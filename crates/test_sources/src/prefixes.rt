//! Lines that begin with a prefix.

use super::seen::START;
use std::test::*;
use tracing_tree_layer::Call;
use ttree_prefix::{Mark, Prefixed};
use ttree_source::{Plain, Source};

// Marks, lines, and what they are split into.
const SPLITS: [(Mark, &str, Option<(&str, &str)>); 38] = [
    (Mark::Bar, "web-1  | up", Some(("web-1", "up"))),
    (Mark::Bar, "a|b|c", Some(("a", "b|c"))),
    (Mark::Bar, "web-1  |     at x", Some(("web-1", "    at x"))),
    (Mark::Bar, "ready", None),
    (Mark::Bracket, "[pod/web/a] up", Some(("pod/web/a", "up"))),
    (Mark::Job, "a b\tc d\t1Z e f", Some(("a b\tc d\t1Z", "e f"))),
    (
        Mark::Job,
        "a\tb\t\u{feff}1Z  e",
        Some(("a\tb\t\u{feff}1Z", " e")),
    ),
    (Mark::Job, "a\tb\t1Z ", Some(("a\tb\t1Z", ""))),
    (Mark::Job, "a\tb\tc d", None),
    (Mark::Job, "a\t1Z d", None),
    (Mark::Time, "02:31:19Z  up", Some(("02:31:19Z", " up"))),
    (Mark::Time, "Starting up", None),
    (Mark::Time, "", None),
    (Mark::Tab, "a b\tc\td", Some(("a b", "c\td"))),
    (Mark::Tab, "\tc", None),
    (Mark::Colon, "web:dev: a: b", Some(("web:dev", "a: b"))),
    (Mark::Colon, "01:23 s[1]:  up", Some(("01:23 s[1]", " up"))),
    (Mark::Colon, "web:", None),
    (Mark::Colon, ": up", None),
    (Mark::Colon, "  at: a", None),
    (Mark::Colon, "panic: up", None),
    (Mark::Colon, "java.io.IOException: up", None),
    (Mark::Colon, "a: panic: up", Some(("a", "panic: up"))),
    (
        Mark::DateTime,
        "2026/12/01 1:2 a b",
        Some(("2026/12/01 1:2", "a b")),
    ),
    (Mark::DateTime, "Starting up now", None),
    (Mark::DateTime, "2026/12/01 up", None),
    (Mark::Pod, "web-0 app.1 a b", Some(("web-0 app.1", "a b"))),
    (Mark::Pod, "Listening on port", None),
    (Mark::Pod, "web  up", None),
    (Mark::Pod, " web up", None),
    (
        Mark::Stamp,
        "Dec 01 04:18:04 up",
        Some(("Dec 01 04:18:04", "up")),
    ),
    (Mark::Stamp, "Dec 01 04:18 up", None),
    (Mark::Stamp, "The quick brown fox", None),
    (Mark::Stamp, "a up", None),
    (
        Mark::Bar,
        "\u{1b}[33mweb  | \u{1b}[0mup",
        Some(("web", "up")),
    ),
    (
        Mark::Bar,
        "\u{1b}[33;1mweb |\u{1b}[0m up",
        Some(("web", "up")),
    ),
    (
        Mark::Bar,
        "\u{1b}[33mweb | \u{1b}[0m  up",
        Some(("web", "  up")),
    ),
    (Mark::Bar, "\u{1b}[2Kam | up", Some(("\u{1b}[2Kam", "up"))),
];

// Marks, and the strings that prefixes end at.
const ENDS: [(Mark, &str); 9] = [
    (Mark::Bar, "|"),
    (Mark::Bracket, "]"),
    (Mark::Job, " "),
    (Mark::Time, " "),
    (Mark::Tab, "\t"),
    (Mark::Colon, ": "),
    (Mark::DateTime, " "),
    (Mark::Pod, " "),
    (Mark::Stamp, " "),
];

#[test]
fn prefixes_end_at_their_marks(rt: HostRuntime) {
    for (mark, line, parts) in SPLITS {
        assert!(rt; mark.split(line) == parts, "{line}");
    }
}

#[test]
fn marks_are_strings(rt: HostRuntime) {
    for (mark, end) in ENDS {
        assert!(rt; mark.as_str() == end);
    }
}

#[test]
fn a_prefix_is_the_last_field(rt: HostRuntime) -> Result<(), Fail> {
    let alloc = rt.alloc();
    let mut source = Prefixed::new(alloc, Plain::new(START), Some(Mark::Bar));
    let calls = source
        .take(alloc, "web-1  | up", None)?
        .unwrap_or(Vec::new(alloc));
    let fields = match calls.as_slice() {
        [Call::Event(event, _)] => event.fields.as_slice(),
        _ => &[],
    };
    assert!(rt; fields.len() == 2);
    for (field, (name, value)) in fields.iter().zip([("message", "up"), ("prefix", "web-1")]) {
        assert!(rt; field.name.as_str() == name && field.value.as_str() == value);
    }
    assert!(rt; source.end(alloc)?.is_empty());
    let _plain = source.into_source();
    Ok(())
}
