//! Runs that give one quantity each size up to 20, and those next to each power of two up to
//! 1,024.

use super::seen::{START, Skipped, drawn, interpreted};
use std::alloc::{AllocError, Global};
use std::test::*;
use ttree_chrome::{Leaves, run_trace};
use ttree_go_test::GoTest;
use ttree_source::{Cut, Source};
use ttree_tracing::Tracing;

// What an input has many of.
#[derive(Clone, Copy, Debug)]
enum Quantity {
    // Tests that run at once.
    Tests,
    // Lines that a test prints.
    Printed,
    // Strings that together are one printed line of a test.
    Parts,
    // Bytes of a line that a test prints.
    Bytes,
    // Spans around an event of tracing.
    Spans,
    // Fields of an event of tracing.
    Fields,
    // Elements of a trace, each within the one before.
    Nested,
    // Elements of a trace, one after another.
    Elements,
}

impl Quantity {
    const ALL: [Quantity; 8] = [
        Quantity::Tests,
        Quantity::Printed,
        Quantity::Parts,
        Quantity::Bytes,
        Quantity::Spans,
        Quantity::Fields,
        Quantity::Nested,
        Quantity::Elements,
    ];

    // Appends the input with this size.
    fn push(self, input: &mut String, size: u32) -> Result<(), AllocError> {
        match self {
            Quantity::Tests => push_tests(input, size),
            Quantity::Printed => push_lines(input, size, "x\\n"),
            Quantity::Parts => push_lines(input, size, "x"),
            Quantity::Bytes => push_long_line(input, size),
            Quantity::Spans => push_event(input, "message", "{\"name\":\"s\"},", size),
            Quantity::Fields => push_fields(input, size),
            Quantity::Nested => push_trace(input, size, true),
            Quantity::Elements => push_trace(input, size, false),
        }
    }

    // Returns whether a run of this input knew all of it, and came to its end.
    fn is_run(self, alloc: Global, input: &str) -> Result<bool, AllocError> {
        match self {
            Quantity::Tests | Quantity::Printed | Quantity::Parts | Quantity::Bytes => {
                is_whole(alloc, &mut GoTest::new(alloc, 1, START)?, input)
            }
            Quantity::Spans | Quantity::Fields => {
                is_whole(alloc, &mut Tracing::new(alloc, 1, START), input)
            }
            Quantity::Nested | Quantity::Elements => is_trace(alloc, input),
        }
    }
}

fn push_tests(input: &mut String, size: u32) -> Result<(), AllocError> {
    for action in ["run", "pass"] {
        for number in 0..size {
            write!(
                input,
                "{{\"Action\":\"{action}\",\"Package\":\"p\",\"Test\":\"T{number}\"}}\n"
            )?;
        }
    }
    Ok(())
}

// A test that prints this string so often.
fn push_lines(input: &mut String, size: u32, text: &str) -> Result<(), AllocError> {
    for _ in 0..size {
        write!(
            input,
            "{{\"Action\":\"output\",\"Package\":\"p\",\"Test\":\"T\",\"Output\":\"{text}\"}}\n"
        )?;
    }
    Ok(())
}

fn push_long_line(input: &mut String, size: u32) -> Result<(), AllocError> {
    let text = "x".repeat(*input.allocator(), size as usize)?;
    push_lines(input, 1, text.as_str())
}

// Appends an event with one field of this name, in `size` of these spans and one more.
fn push_event(input: &mut String, name: &str, span: &str, size: u32) -> Result<(), AllocError> {
    let spans = span.repeat(*input.allocator(), size as usize)?;
    write!(
        input,
        "{{\"level\":\"INFO\",\"fields\":{{\"{name}\":\"x\"}},\"spans\":[{spans}{{\"name\":\"t\"}}]}}\n"
    )
}

fn push_fields(input: &mut String, size: u32) -> Result<(), AllocError> {
    input.push_str("{\"level\":\"INFO\",\"fields\":{")?;
    for number in 0..size {
        write!(input, "\"k{number}\":{number},")?;
    }
    input.push_str("\"message\":\"x\"}}\n")
}

// Elements that begin one after another. Each lasts until after the end of the next if they are
// nested.
fn push_trace(input: &mut String, size: u32, nested: bool) -> Result<(), AllocError> {
    input.push_str("[")?;
    for number in 0..size {
        let left = size.wrapping_sub(number).wrapping_mul(20);
        let length = if nested { left } else { 5 };
        let start = number.wrapping_mul(10);
        write!(
            input,
            "{{\"ph\":\"X\",\"name\":\"a\",\"pid\":1,\"tid\":1,\"ts\":{start},\"dur\":{length}}},"
        )?;
    }
    input.push_str("{\"ph\":\"i\",\"name\":\"b\",\"pid\":1,\"tid\":1,\"ts\":0}]")
}

fn is_whole<S: Source>(alloc: Global, source: &mut S, input: &str) -> Result<bool, AllocError> {
    let run = interpreted(alloc, source, input.as_bytes())?;
    Ok(run.noted.is_empty() && run.fault.is_none())
}

fn is_trace(alloc: Global, text: &str) -> Result<bool, AllocError> {
    let cut = Cut {
        min_time: 0,
        depth: None,
    };
    let mut notes = Skipped::new(alloc);
    let mut layered = drawn(alloc)?;
    let made = run_trace(
        alloc,
        1,
        START,
        cut,
        Leaves::Rows,
        text,
        &mut *layered,
        &mut notes,
    );
    Ok(made.run.fault.is_none() && notes.lines.is_empty())
}

// Returns whether runs of each size reach the end of their input.
fn are_run(alloc: Global, quantity: Quantity, sizes: &[u32]) -> Result<bool, AllocError> {
    for size in sizes {
        let mut input = String::new(alloc);
        quantity.push(&mut input, *size)?;
        if !quantity.is_run(alloc, input.as_str())? {
            return Ok(false);
        }
    }
    Ok(true)
}

const SIZES: [u32; 36] = [
    0, 1, 2, 3, 4, 5, 6, 7, 8, 9, 10, 11, 12, 13, 14, 15, 16, 17, 18, 19, 20, 31, 32, 33, 63, 64,
    65, 127, 128, 129, 255, 256, 257, 1_023, 1_024, 1_025,
];

#[test]
fn sizes_do_not_matter(rt: HostRuntime) -> Result<(), Fail> {
    for quantity in Quantity::ALL {
        let run = are_run(rt.alloc(), quantity, SIZES.as_slice())?;
        assert!(rt; run, "{quantity:?}");
    }
    Ok(())
}
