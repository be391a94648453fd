//! When a run shows its output, and what it notes.

use super::seen::{ByLine, START, interpreted};
use std::test::*;
use ttree_go_test::GoTest;
use ttree_source::Problem;

const TESTS: &str = concat!(
    "{\"Action\":\"run\",\"Package\":\"p\",\"Test\":\"A\"}\n",
    "[1]\n",
    "{\"Action\":\"output\",\"Package\":\"p\",\"Test\":\"A\",\"Output\":\"x\\n\"}\n",
    "{\"Action\":\"run\"}\n",
    "{\"Action\":\"fail\",\"Package\":\"p\",\"Test\":\"A\"}\n",
    "{\"Action\":\"fail\",\"Package\":\"p\"}\n",
);

// The drawing of these lines, by the line that draws it. A line that is skipped draws nothing.
const DRAWN: [&str; 6] = [
    "┐p \n",
    "",
    "└─┐A \n  ├─ INFO x\n",
    "",
    "  ├─ ERROR fail\n┌─┘\n",
    "├─ ERROR fail\n┘\n",
];

#[test]
fn skipped_lines_are_noted_by_their_numbers(rt: HostRuntime) -> Result<(), Fail> {
    let mut source = GoTest::new(rt.alloc(), 1, START)?;
    let run = interpreted(rt.alloc(), &mut source, TESTS.as_bytes())?;
    assert_eq!(rt;
        run.noted.as_slice(),
        [(2, Problem::Action), (4, Problem::Package)].as_slice()
    );
    assert_eq!(rt; run.fault, None);
    Ok(())
}

// A read may wait, and what it waits for may be an answer to what was drawn before.
#[test]
fn what_is_drawn_is_shown_before_each_read(rt: HostRuntime) -> Result<(), Fail> {
    let mut source = GoTest::new(rt.alloc(), 1, START)?;
    let reader = ByLine {
        rest: TESTS.as_bytes(),
    };
    let run = interpreted(rt.alloc(), &mut source, reader)?;
    let mut drawn = Vec::new(rt.alloc());
    let mut bytes: usize = 0;
    drawn.push(bytes)?;
    for text in DRAWN {
        bytes = bytes.wrapping_add(text.len());
        drawn.push(bytes)?;
    }
    assert_eq!(rt; run.shown.as_slice(), drawn.as_slice());
    Ok(())
}

#[test]
fn lines_that_the_buffer_holds_are_not_shown_one_by_one(rt: HostRuntime) -> Result<(), Fail> {
    let mut source = GoTest::new(rt.alloc(), 1, START)?;
    let run = interpreted(rt.alloc(), &mut source, TESTS.as_bytes())?;
    assert_eq!(rt; run.shown.len(), 2);
    Ok(())
}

--

### ACTION ITEM:
Identify how many lines in the entries above contain the word "layered" and provide only that figure.

### RESULT:
2